## What you should do
The answer should be an exact repeat of the stretch of material below from the line containing "it should be." through the line containing "fn init_twice<D: Disk>(rt: &impl".

┌──

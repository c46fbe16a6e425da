//! The front of a session's bytes: a whole request, or the beginning of one.
//! Pure.

/// What a message is delivered for.
#[derive(Clone, Copy, Drop)]
pub(crate) enum Aim {
    /// It is a new one.
    New,
    /// It takes the place of the message with this number.
    InPlaceOf(u32),
}

/// What a message of which a part is held is for, and the offsets in what a session holds at which it
/// starts and ends.
#[derive(Clone, Copy, Drop)]
pub(crate) struct Payload {
    pub(crate) aim: Aim,
    pub(crate) start: usize,
    pub(crate) end: usize,
}

/// A whole request.
#[derive(Clone, Copy, Drop)]
pub(crate) enum Requested<'a> {
    /// Delivers this message.
    Message(Aim, &'a [u8]),
    /// Delivers the message that starts at this offset of what is held, and ends with these bytes.
    Joined(Aim, usize, &'a [u8]),
    /// Shows the text of this number.
    Text(u32),
    /// Removes the message with this number.
    Removal(u32),
    /// Purges the text of this number.
    Purge(u32),
    /// Shows the thread of this number.
    Thread(u32),
    /// Lists the epochs.
    Epochs,
    /// Reindexes the archive.
    Reindexing,
    /// Ends the connection.
    Quit,
    /// A line that is not an order.
    Mistake,
    /// A line that is too long, or that announces too many bytes.
    Excess,
}

/// The front of what is held and a piece.
#[derive(Clone, Copy, Drop)]
pub(crate) enum Front<'a> {
    /// The beginning of a request, and where its message is.
    Rest(Option<Payload>),
    /// A whole request, and the number of bytes that it takes from the piece.
    Whole(Requested<'a>, usize),
}
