//! Tests of the disk of an archive of one message, damaged, with more than its root names, or with a
//! cache: what is found when it is opened.
use crate::making_tests::{FIRST_EPOCH, MAP, ROOT, SECOND_EPOCH, append, put};
use crate::opening_tests::{begin, listed_after, opened};
use arch_model::OpenRefusal;
use disk_model::{Disk, DiskFault, FileKind, FileName, MemDisk};
use epoch_store::Store;
use fixtures::{SECOND, cut, empty_disk, write};
use std::alloc::Global;
use std::process::Abort;
use std::test::Fail;
use store_finding::file_names;

/// A file: its name and its bytes.
#[derive(PartialEq, Eq, Drop)]
struct WholeFile {
    name: FileName,
    bytes: Vec<u8>,
}

/// Returns a file of a disk.
fn whole_file(alloc: Global, disk: &mut MemDisk, name: FileName) -> Result<WholeFile, Fail> {
    let length = disk.length(name)?;
    let mut bytes = vec![in alloc; 0; length as usize]?;
    disk.read(name, 0, bytes.as_mut_slice())?;
    Ok(WholeFile { name, bytes })
}

/// All files of a disk.
fn all_files(alloc: Global, disk: &mut MemDisk) -> Result<Vec<WholeFile>, Fail> {
    let names = file_names(alloc, disk)?;
    let mut files = Vec::new(alloc);
    for name in names.as_slice() {
        files.push(whole_file(alloc, disk, *name)?)?;
    }
    Ok(files)
}

/// Returns whether a disk has these files.
fn has_files(alloc: Global, disk: &mut MemDisk, files: &Vec<WholeFile>) -> Result<bool, Fail> {
    Ok(all_files(alloc, disk)? == *files)
}

/// Returns the disk of an archive of one message: a root file of 4,096 bytes, a map of 28, and an
/// epoch of 316.
fn one_message(alloc: Global) -> Result<MemDisk, Fail> {
    let mut disk = empty_disk(alloc);
    begin(alloc, &mut disk, 316, 2)?;
    Ok(disk)
}

/// Returns whether a disk isn't opened, for this cause.
fn is_refusal(alloc: Global, disk: &mut MemDisk, wanted: &OpenRefusal) -> bool {
    match Store::open(alloc, disk) {
        Ok(_) => false,
        Err(refusal) => refusal == *wanted,
    }
}

/// Opens a disk, and returns whether that is refused as it should be and leaves each file as it
/// was.
pub(crate) fn is_refused(
    alloc: Global,
    disk: &mut MemDisk,
    wanted: &OpenRefusal,
) -> Result<bool, Fail> {
    let before = all_files(alloc, disk)?;
    let refused = is_refusal(alloc, disk, wanted);
    let left = has_files(alloc, disk, &before)?;
    Ok(refused && left)
}

/// Bytes that are written over those of a file, and why the archive isn't opened then.
#[derive(Drop)]
struct Overwrite {
    file: FileName,
    at: u64,
    bytes: &'static [u8],
    refusal: OpenRefusal,
}

/// The body of the second slot is damaged.
const ROOT_DAMAGED: OpenRefusal = OpenRefusal::Damaged {
    file: ROOT,
    at: 2560,
};

/// The first record is damaged.
const MAP_DAMAGED: OpenRefusal = OpenRefusal::Damaged { file: MAP, at: 0 };

/// The first bytes of the epoch are damaged.
const MAGIC_DAMAGED: OpenRefusal = OpenRefusal::Damaged {
    file: FIRST_EPOCH,
    at: 0,
};

/// The first entry is damaged.
const ENTRY_DAMAGED: OpenRefusal = OpenRefusal::Damaged {
    file: FIRST_EPOCH,
    at: 8,
};

/// Damage of each file of an archive of one message.
static OVERWRITES: [Overwrite; 11] = [
    // Both slots are shut.
    Overwrite {
        file: ROOT,
        at: 0,
        bytes: b"\0\0",
        refusal: OpenRefusal::NoArchive,
    },
    // The name in the second slot, which is the newest one, has no byte.
    Overwrite {
        file: ROOT,
        at: 2570,
        bytes: b"\0",
        refusal: ROOT_DAMAGED,
    },
    // The second slot has the format of SHA-256 objects, whose map would have 40 bytes.
    Overwrite {
        file: ROOT,
        at: 2568,
        bytes: b"\x02",
        refusal: ROOT_DAMAGED,
    },
    // The file is longer than a root file.
    Overwrite {
        file: ROOT,
        at: 4096,
        bytes: b"\0",
        refusal: OpenRefusal::NoArchive,
    },
    // The first record has the number 2.
    Overwrite {
        file: MAP,
        at: 0,
        bytes: b"\0\0\0\x02",
        refusal: MAP_DAMAGED,
    },
    // It has the epoch 64, the epoch 1, and another blob.
    Overwrite {
        file: MAP,
        at: 7,
        bytes: b"\x40",
        refusal: MAP_DAMAGED,
    },
    Overwrite {
        file: MAP,
        at: 7,
        bytes: b"\x01",
        refusal: ENTRY_DAMAGED,
    },
    Overwrite {
        file: MAP,
        at: 8,
        bytes: b"\0\0",
        refusal: ENTRY_DAMAGED,
    },
    // The epoch's first byte is another one.
    Overwrite {
        file: FIRST_EPOCH,
        at: 0,
        bytes: b"p",
        refusal: MAGIC_DAMAGED,
    },
    // The epoch begins as one of SHA-256 objects.
    Overwrite {
        file: FIRST_EPOCH,
        at: 6,
        bytes: b"2",
        refusal: MAGIC_DAMAGED,
    },
    // The text's last byte is another one.
    Overwrite {
        file: FIRST_EPOCH,
        at: 119,
        bytes: b"!",
        refusal: ENTRY_DAMAGED,
    },
];

/// Writes over bytes of a file, and opens the disk.
fn is_refused_changed(alloc: Global, row: &Overwrite) -> Result<bool, Fail> {
    let mut disk = one_message(alloc)?;
    write(&mut disk, row.file, row.at, row.bytes)?;
    is_refused(alloc, &mut disk, &row.refusal)
}

#[test]
fn damage_is_found_at_its_first_offset_and_left(rt: HostRuntime) -> Result<(), Fail> {
    for (index, row) in OVERWRITES.iter().enumerate() {
        assert!(rt; is_refused_changed(rt.alloc(), row)?, "row {index}");
    }
    Ok(())
}

/// A length that a file is cut to, and why the archive isn't opened then.
#[derive(Drop)]
struct Cut {
    file: FileName,
    length: u64,
    refusal: OpenRefusal,
}

/// Each file of an archive of one message, cut short.
static CUTS: [Cut; 5] = [
    Cut {
        file: ROOT,
        length: 4095,
        refusal: OpenRefusal::NoArchive,
    },
    Cut {
        file: MAP,
        length: 27,
        refusal: MAP_DAMAGED,
    },
    Cut {
        file: FIRST_EPOCH,
        length: 315,
        refusal: ENTRY_DAMAGED,
    },
    Cut {
        file: FIRST_EPOCH,
        length: 8,
        refusal: ENTRY_DAMAGED,
    },
    Cut {
        file: FIRST_EPOCH,
        length: 7,
        refusal: MAGIC_DAMAGED,
    },
];

/// Cuts a file, and opens the disk.
fn is_refused_cut(alloc: Global, row: &Cut) -> Result<bool, Fail> {
    let mut disk = one_message(alloc)?;
    cut(&mut disk, row.file, row.length)?;
    is_refused(alloc, &mut disk, &row.refusal)
}

#[test]
fn a_file_cut_short_is_damage_at_its_first_offset(rt: HostRuntime) -> Result<(), Fail> {
    for (index, row) in CUTS.iter().enumerate() {
        assert!(rt; is_refused_cut(rt.alloc(), row)?, "row {index}");
    }
    Ok(())
}

/// Returns whether the archive on a disk is opened as that after this many calls.
fn is_opened(alloc: Global, disk: &mut MemDisk, calls: u64) -> Result<bool, Fail> {
    let archive = listed_after(alloc, 316, calls)?;
    Ok(opened(alloc, disk)? == archive)
}

/// Appends bytes to a file of an archive of one message, and returns whether its opening brings the
/// files back.
fn is_swept(
    alloc: Global,
    disk: &mut MemDisk,
    file: FileName,
    files: &Vec<WholeFile>,
) -> Result<bool, Fail> {
    append(disk, file)?;
    let appended = !has_files(alloc, disk, files)?;
    let opened = is_opened(alloc, disk, 2)?;
    let swept = has_files(alloc, disk, files)?;
    Ok(appended && opened && swept)
}

/// Appends bytes to a file of an archive of one message with these files, and returns whether its
/// opening brings them back.
fn one_is_swept(alloc: Global, file: FileName, files: &Vec<WholeFile>) -> Result<bool, Fail> {
    let mut disk = one_message(alloc)?;
    is_swept(alloc, &mut disk, file, files)
}

/// Files whose bytes an opening cuts or removes: tails of the epoch and of the map, an epoch of
/// another generation, and one that the archive has not reached.
static SWEPT: [FileName; 4] = [
    FIRST_EPOCH,
    MAP,
    FileName {
        kind: FileKind::Epoch,
        number: 0,
        generation: 9,
    },
    SECOND_EPOCH,
];

/// Appends bytes to each file that an opening looks at, one after the other.
fn sweep_each(rt: &impl Abort, alloc: Global, files: &Vec<WholeFile>) -> Result<(), Fail> {
    assert!(rt; files.len() == 3 && files[2].bytes.len() == 316);
    for file in &SWEPT {
        assert!(rt;
            one_is_swept(alloc, *file, files)?,
            "{} {}",
            file.number,
            file.generation
        );
    }
    Ok(())
}

#[test]
fn what_no_root_names_is_taken_away(rt: HostRuntime) -> Result<(), Fail> {
    let files = all_files(rt.alloc(), &mut one_message(rt.alloc())?)?;
    sweep_each(&rt, rt.alloc(), &files)
}

/// Returns whether the first slot is shut and the second is open, and both have one root.
fn has_one_root(disk: &mut MemDisk) -> Result<bool, DiskFault> {
    let mut root = [0; 4096];
    let count = disk.read(ROOT, 0, &mut root)?;
    let gates = root[0] == 0 && root[1] == 1;
    Ok(count == 4096 && gates && &root[1024..2560] == &root[2560..4096])
}

/// Appends the second message to the archive of one on a disk, and returns whether both are found.
fn goes_on(alloc: Global, disk: &mut MemDisk) -> Result<bool, Fail> {
    let (mut store, _index) = Store::open(alloc, disk)?;
    put(alloc, disk, &mut store, SECOND)?;
    is_opened(alloc, disk, 3)
}

/// Shuts the slot that isn't the current one in an archive of one message, and opens it.
fn open_shut(rt: &impl Abort, alloc: Global, disk: &mut MemDisk) -> Result<(), Fail> {
    write(disk, ROOT, 0, b"\0")?;
    assert!(rt; is_opened(alloc, disk, 2)?);
    assert!(rt; has_one_root(disk)?);
    // The archive goes on from there.
    assert!(rt; goes_on(alloc, disk)?);
    Ok(())
}

#[test]
fn a_slot_that_was_shut_gets_the_current_root(rt: HostRuntime) -> Result<(), Fail> {
    let mut disk = one_message(rt.alloc())?;
    open_shut(&rt, rt.alloc(), &mut disk)
}

/// The file of a cache that the second root of an archive may name.
const CACHE: FileName = FileName {
    kind: FileKind::Cache,
    number: 0,
    generation: 2,
};

/// Lets the current root of an archive of one message name the first five bytes of a cache, which
/// has two more.
fn name_cache(disk: &mut MemDisk) -> Result<(), DiskFault> {
    write(disk, CACHE, 0, b"cache..")?;
    // The generation and the length of the cache, in the second slot.
    write(disk, ROOT, 3699, b"\0\0\0\0\0\0\0\x02\0\0\0\0\0\0\0\x05")
}

/// Returns whether the cache has just the bytes that count.
fn has_cache(disk: &mut MemDisk) -> Result<bool, DiskFault> {
    let mut bytes = [0; 7];
    let count = disk.read(CACHE, 0, &mut bytes)?;
    Ok(count == 5 && &bytes[..5] == b"cache".as_slice())
}

/// Opens an archive of one message whose root names a cache, and appends the second message.
fn go_on_with_cache(rt: &impl Abort, alloc: Global, disk: &mut MemDisk) -> Result<(), Fail> {
    name_cache(disk)?;
    assert!(rt; is_opened(alloc, disk, 2)?);
    assert!(rt; has_cache(disk)?);
    assert!(rt; goes_on(alloc, disk)?);
    assert!(rt; has_cache(disk)?);
    assert!(rt; disk.length(SECOND_EPOCH)? == 316);
    Ok(())
}

#[test]
fn a_cache_that_the_root_names_stays(rt: HostRuntime) -> Result<(), Fail> {
    let mut disk = one_message(rt.alloc())?;
    go_on_with_cache(&rt, rt.alloc(), &mut disk)
}
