//! Stores on disks in memory: what is made, what is answered, and what is read of them.
ghost use Rattle.std.specs.Prelude.{◌≢◌, ◌≤◌, Some, IfOk, IsTrue, OnOk};
ghost use Rattle.arch_base.specs.Configs.{IsConfig};
ghost use Rattle.arch_base.specs.Ids.{form_of};
ghost use Rattle.disk_model.specs.Disk.{WhereTold};
ghost use Rattle.git_objects.specs.Objects.{blob_id_of};
ghost use Rattle.mail_reader.specs.Ids.{own_id as own_id_in};
ghost use Rattle.epoch_store.specs.Commands.{Accepts, StoreHasSizes};

use arch_base::{Bytes, Config, Form, NoMemory, id_of_hex};
use arch_model::TextRefusal;
use archive_fixtures::{is_epoch_of, two_in_memory};
use disk_model::{Disk, DiskFault, FileKind, FileName, FuseDisk, MemDisk};
use epoch_file::StoreRefusal;
use epoch_store::{InitRefusal, Store};
use fixtures::{
    FIRST, FIRST_ID, MOMENT, SECOND, SECOND_COMMIT, SECOND_ID, empty_disk, settings, write,
};
use git_objects::{EntryKind, blob_id};
use mail_commits::text_ids;
use mail_reader::{is_stored, own_id};
use std::alloc::Global;
use std::process::Abort;
use std::test::Fail;
use store_finding::StoredEntry;

/// The file of the root.
pub(crate) const ROOT: FileName = FileName {
    kind: FileKind::Root,
    number: 0,
    generation: 0,
};

/// The file of the first map.
pub(crate) const MAP: FileName = FileName {
    kind: FileKind::Map,
    number: 0,
    generation: 1,
};

/// The file of the first epoch of an archive that has a message.
pub(crate) const FIRST_EPOCH: FileName = FileName {
    kind: FileKind::Epoch,
    number: 0,
    generation: 2,
};

/// The file of the second epoch of an archive whose first one took one message.
pub(crate) const SECOND_EPOCH: FileName = FileName {
    kind: FileKind::Epoch,
    number: 1,
    generation: 3,
};

/// Returns the file of an epoch.
pub(crate) fn epoch(number: u32, generation: u64) -> FileName {
    FileName {
        kind: FileKind::Epoch,
        number,
        generation,
    }
}

/// Returns whether an archive of one message at most would accept a text.
fn accepts(store: &Store, text: &[u8]) -> bool
    ensures { IsTrue result → Accepts store.now text.now }
{
    let config = store.config();
    if config.mirror || store.next_number() > config.max || !is_stored(text) {
        return false;
    }
    match store.stored() {
        [] => true,
        [one] => is_apart(one, text),
        _ => false,
    }
}

/// Returns whether a text has another own id and another blob id than an entry.
fn is_apart(one: &StoredEntry, text: &[u8]) -> bool
    ensures id { IsTrue result → own_id_in text.now ≢ Some one.now.seen.id }
    ensures blob { IsTrue result
        → blob_id_of (form_of one.now.seen.blob) text.now ≢ one.now.seen.blob }
{
    let Some(id) = own_id(text) else {
        return false;
    };
    if id == one.seen.id.as_slice() {
        return false;
    }
    if blob_id(text, one.seen.blob.form()) == one.seen.blob {
        return false;
    }
    true
}

/// Appends a message to an archive of at most one.
pub(crate) fn put<D: Disk>(
    alloc: Global,
    disk: &mut D,
    store: &mut Store,
    text: &[u8],
) -> Result<(), StoreRefusal>
    requires sizes { WhereTold (StoreHasSizes store.old) (D.content disk.old) }
    ensures sizes { OnOk result (WhereTold (StoreHasSizes store.new) (D.content disk.new)) }
{
    if !accepts(store, text) {
        return Err(StoreRefusal::Damaged { file: ROOT, at: 0 });
    }
    let form = store.config().form;
    store.deliver_entry(alloc, disk, text, &text_ids(text, form), MOMENT)
}

/// Makes an archive.
pub(crate) fn make<D: Disk>(alloc: Global, disk: &mut D, limit: u64) -> Result<Store, StoreRefusal>
    requires low { 1 ≤ limit }
    requires high { limit ≤ 1099511627776 }
    ensures sizes { IfOk result (λ store. WhereTold (StoreHasSizes store) (D.content disk.new)) }
{
    match settings(limit, 10, false) {
        Some(config) => make_by(alloc, disk, &config),
        None => Err(StoreRefusal::Damaged { file: ROOT, at: 1 }),
    }
}

/// Makes an archive of these settings.
pub(crate) fn make_by<D: Disk>(
    alloc: Global,
    disk: &mut D,
    config: &Config,
) -> Result<Store, StoreRefusal>
    requires config { IsConfig config.now }
    ensures sizes { IfOk result (λ store. WhereTold (StoreHasSizes store) (D.content disk.new)) }
{
    match Store::init(alloc, disk, config) {
        Ok(store) => Ok(store),
        Err(InitRefusal::DiskFault) => Err(StoreRefusal::DiskFault),
        Err(InitRefusal::NoMemory) => Err(StoreRefusal::NoMemory),
        Err(InitRefusal::Exists) => Err(StoreRefusal::Damaged { file: ROOT, at: 2 }),
    }
}

/// Makes an archive and appends both messages to it.
pub(crate) fn fill<D: Disk>(alloc: Global, disk: &mut D, limit: u64) -> Result<Store, StoreRefusal>
    requires low { 1 ≤ limit }
    requires high { limit ≤ 1099511627776 }
{
    let mut store = make(alloc, disk, limit)?;
    put(alloc, disk, &mut store, FIRST)?;
    put(alloc, disk, &mut store, SECOND)?;
    Ok(store)
}

/// A file, and its length in bytes.
#[derive(Drop)]
pub(crate) struct Length {
    pub(crate) file: FileName,
    pub(crate) length: u64,
}

/// Returns whether files have these lengths.
pub(crate) fn have_lengths<D: Disk>(disk: &mut D, wanted: &[Length]) -> Result<bool, DiskFault> {
    for Length { file, length } in wanted {
        if disk.length(*file)? != *length {
            return Ok(false);
        }
    }
    Ok(true)
}

/// Returns whether an archive has two messages, the second of them at the front of an epoch of its
/// own.
fn has_two_epochs(store: &Store) -> bool {
    let next = store.next_number() == 3;
    let none = store.entry(2).is_none() && store.place(2).is_none();
    let place = store.place(1) == Some((SECOND_EPOCH, 8));
    next && none && place
}

/// The files of an archive of two epochs, each of one message.
static TWO_EPOCHS: [Length; 4] = [
    Length {
        file: ROOT,
        length: 4096,
    },
    Length {
        file: MAP,
        length: 56,
    },
    Length {
        file: FIRST_EPOCH,
        length: 316,
    },
    Length {
        file: SECOND_EPOCH,
        length: 316,
    },
];

/// Fills an archive of which each epoch is full with one message, and returns whether its files are
/// as long as they should be.
fn fill_two_epochs<D: Disk>(alloc: Global, disk: &mut D) -> Result<bool, StoreRefusal> {
    let store = fill(alloc, disk, 316)?;
    let are_long = have_lengths(disk, &TWO_EPOCHS)?;
    Ok(are_long && has_two_epochs(&store))
}

#[test]
fn a_full_epoch_is_followed_by_the_next(rt: HostRuntime) -> Result<(), Fail> {
    let mut disk = empty_disk(rt.alloc());
    assert!(rt; fill_two_epochs(rt.alloc(), &mut disk)?);
    Ok(())
}

/// Returns whether an archive has the second mail in its first epoch, as another program spells it.
fn has_second_entry(store: &Store) -> bool {
    let Some(line) = store.entry(1) else {
        return false;
    };
    let blob = Some(line.blob) == id_of_hex(SECOND_ID, Form::Sha1);
    let commit = Some(line.commit) == id_of_hex(SECOND_COMMIT, Form::Sha1);
    let place = store.place(1) == Some((FIRST_EPOCH, 316));
    let named = line.kind == EntryKind::Message && line.number == 2 && line.epoch == 0;
    let sized = line.secs == MOMENT && line.size == 103;
    blob && commit && place && named && sized
}

/// Fills an archive whose first epoch takes both messages, and returns whether that is as long as
/// it should be.
fn fill_one_epoch<D: Disk>(alloc: Global, disk: &mut D) -> Result<bool, StoreRefusal> {
    let store = fill(alloc, disk, 317)?;
    let is_long = disk.length(FIRST_EPOCH)? == 672;
    Ok(is_long && has_second_entry(&store))
}

#[test]
fn an_epoch_below_the_limit_takes_one_more(rt: HostRuntime) -> Result<(), Fail> {
    let mut disk = empty_disk(rt.alloc());
    assert!(rt; fill_one_epoch(rt.alloc(), &mut disk)?);
    Ok(())
}

/// Makes an archive whose epochs have at least 316 bytes. `Exists` if there is one.
fn init<D: Disk>(alloc: Global, disk: &mut D) -> Result<Store, InitRefusal> {
    let Some(config) = settings(316, 10, false) else {
        return Err(InitRefusal::NoMemory);
    };
    Store::init(alloc, disk, &config)
}

/// Makes an archive, and returns whether it has these settings and no message.
fn init_is_empty<D: Disk>(alloc: Global, disk: &mut D) -> Result<bool, InitRefusal> {
    let store = init(alloc, disk)?;
    Ok(store.config().limit == 316 && store.next_number() == 1 && store.entry(0).is_none())
}

/// Returns whether no archive is made since there is one.
fn init_is_refused<D: Disk>(alloc: Global, disk: &mut D) -> bool {
    match init(alloc, disk) {
        Ok(_) => false,
        Err(refusal) => refusal == InitRefusal::Exists,
    }
}

/// The files of an archive without messages.
static NO_EPOCH: [Length; 2] = [
    Length {
        file: ROOT,
        length: 4096,
    },
    Length {
        file: MAP,
        length: 0,
    },
];

/// Makes an archive twice, of which the first time alone is one.
fn init_twice<D: Disk>(rt: &impl Abort, alloc: Global, disk: &mut D) -> Result<(), Fail> {
    assert!(rt; init_is_empty(alloc, disk)?);
    assert!(rt; have_lengths(disk, &NO_EPOCH)?);
    assert!(rt; disk.name_at(1)?.is_none());
    assert!(rt; init_is_refused(alloc, disk));
    Ok(())
}

#[test]
fn an_archive_is_made_once(rt: HostRuntime) -> Result<(), Fail> {
    let mut disk = empty_disk(rt.alloc());
    init_twice(&rt, rt.alloc(), &mut disk)
}

/// Returns whether bytes, after another byte, are those of the first epoch of the archive in memory.
fn is_first_epoch(alloc: Global, limit: u64, bytes: &[u8]) -> Result<bool, NoMemory>
    requires low { 1 ≤ limit }
    requires high { limit ≤ 1099511627776 }
{
    match two_in_memory(alloc, limit) {
        None => Ok(false),
        Some(archive) => is_epoch_of(alloc, &archive, 0, true, bytes),
    }
}

/// Returns whether the file of the first epoch has the bytes of the archive in memory.
fn is_epoch_file<D: Disk>(alloc: Global, disk: &mut D) -> Result<bool, TextRefusal> {
    let mut file = [0; 673];
    let count = disk.read(FIRST_EPOCH, 0, &mut file)?;
    let mut bytes = Bytes::new(alloc);
    bytes.push(b'>')?;
    bytes.push_slice(file.split_at(672).0)?;
    let same = is_first_epoch(alloc, 317, bytes.as_slice())?;
    Ok(count == 672 && same)
}

#[test]
fn the_file_of_an_epoch_has_the_bytes_of_the_epoch(rt: HostRuntime) -> Result<(), Fail> {
    let alloc = rt.alloc();
    let mut disk = empty_disk(alloc);
    fill(alloc, &mut disk, 317)?;
    assert!(rt; is_epoch_file(alloc, &mut disk)?);
    Ok(())
}

/// Returns the text of an entry, after another byte.
pub(crate) fn text_of<D: Disk>(
    alloc: Global,
    disk: &mut D,
    store: &Store,
    index: u64,
) -> Result<Bytes, TextRefusal> {
    let mut bytes = Bytes::new(alloc);
    bytes.push(b'>')?;
    if index < store.stored().len() as u64 {
        store.text(disk, index, &mut bytes)?;
    }
    Ok(bytes)
}

/// Appends ten bytes to a file.
pub(crate) fn append(disk: &mut MemDisk, file: FileName) -> Result<(), DiskFault> {
    let end = disk.length(file)?;
    write(disk, file, end, b"0123456789")
}

/// Returns whether the text of an entry is the second mail.
fn is_second_text<D: Disk>(
    alloc: Global,
    disk: &mut D,
    store: &Store,
    index: u64,
) -> Result<bool, TextRefusal> {
    let bytes = text_of(alloc, disk, store, index)?;
    Ok(bytes.as_slice().len() == 104 && bytes.as_slice().ends_with(SECOND))
}

/// Returns whether the text of an entry isn't the first mail, whose id the entry has.
fn is_damaged<D: Disk>(alloc: Global, disk: &mut D, store: &Store, index: u64) -> bool {
    match text_of(alloc, disk, store, index) {
        Err(TextRefusal::Damaged { named, found }) => {
            let first = id_of_hex(FIRST_ID, Form::Sha1);
            Some(named) == first && named != found
        }
        _ => false,
    }
}

/// Reads both texts of an archive, of which the first is harmed.
fn read_texts(
    rt: &impl Abort,
    alloc: Global,
    disk: &mut MemDisk,
    store: &Store,
) -> Result<(), Fail> {
    assert!(rt; is_second_text(alloc, disk, store, 1)?);
    // The subject of the first text becomes another one.
    write(disk, FIRST_EPOCH, 91, b"F")?;
    assert!(rt; is_damaged(alloc, disk, store, 0));
    Ok(())
}

#[test]
fn a_text_is_read_where_it_stands_unharmed(rt: HostRuntime) -> Result<(), Fail> {
    let mut disk = empty_disk(rt.alloc());
    let store = fill(rt.alloc(), &mut disk, 316)?;
    read_texts(&rt, rt.alloc(), &mut disk, &store)
}

/// Makes an archive and appends both messages to it, on a disk that stops after this many calls.
fn fill_stopped(alloc: Global, passes: u64) -> Result<(), StoreRefusal> {
    let mut fuse = FuseDisk::new(empty_disk(alloc), passes);
    fill(alloc, &mut fuse, 316)?;
    Ok(())
}

#[test]
fn a_disk_that_fails_at_any_call_is_answered_by_its_fault(rt: HostRuntime) -> Result<(), Fail> {
    let mut done = false;
    for passes in 0..40 {
        match fill_stopped(rt.alloc(), passes) {
            Ok(()) => done = true,
            Err(refusal) => assert!(rt; !done && refusal == StoreRefusal::DiskFault),
        }
    }
    assert!(rt; done);
    Ok(())
}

└──

## Worked solution
/// it should be.
fn fill_one_epoch<D: Disk>(alloc: Global, disk: &mut D) -> Result<bool, StoreRefusal> {
    let store = fill(alloc, disk, 317)?;
    let is_long = disk.length(FIRST_EPOCH)? == 672;
    Ok(is_long && has_second_entry(&store))
}

#[test]
fn an_epoch_below_the_limit_takes_one_more(rt: HostRuntime) -> Result<(), Fail> {
    let mut disk = empty_disk(rt.alloc());
    assert!(rt; fill_one_epoch(rt.alloc(), &mut disk)?);
    Ok(())
}

/// Makes an archive whose epochs have at least 316 bytes. `Exists` if there is one.
fn init<D: Disk>(alloc: Global, disk: &mut D) -> Result<Store, InitRefusal> {
    let Some(config) = settings(316, 10, false) else {
        return Err(InitRefusal::NoMemory);
    };
    Store::init(alloc, disk, &config)
}

/// Makes an archive, and returns whether it has these settings and no message.
fn init_is_empty<D: Disk>(alloc: Global, disk: &mut D) -> Result<bool, InitRefusal> {
    let store = init(alloc, disk)?;
    Ok(store.config().limit == 316 && store.next_number() == 1 && store.entry(0).is_none())
}

/// Returns whether no archive is made since there is one.
fn init_is_refused<D: Disk>(alloc: Global, disk: &mut D) -> bool {
    match init(alloc, disk) {
        Ok(_) => false,
        Err(refusal) => refusal == InitRefusal::Exists,
    }
}

/// The files of an archive without messages.
static NO_EPOCH: [Length; 2] = [
    Length {
        file: ROOT,
        length: 4096,
    },
    Length {
        file: MAP,
        length: 0,
    },
];

/// Makes an archive twice, of which the first time alone is one.
fn init_twice<D: Disk>(rt: &impl Abort, alloc: Global, disk: &mut D) -> Result<(), Fail> {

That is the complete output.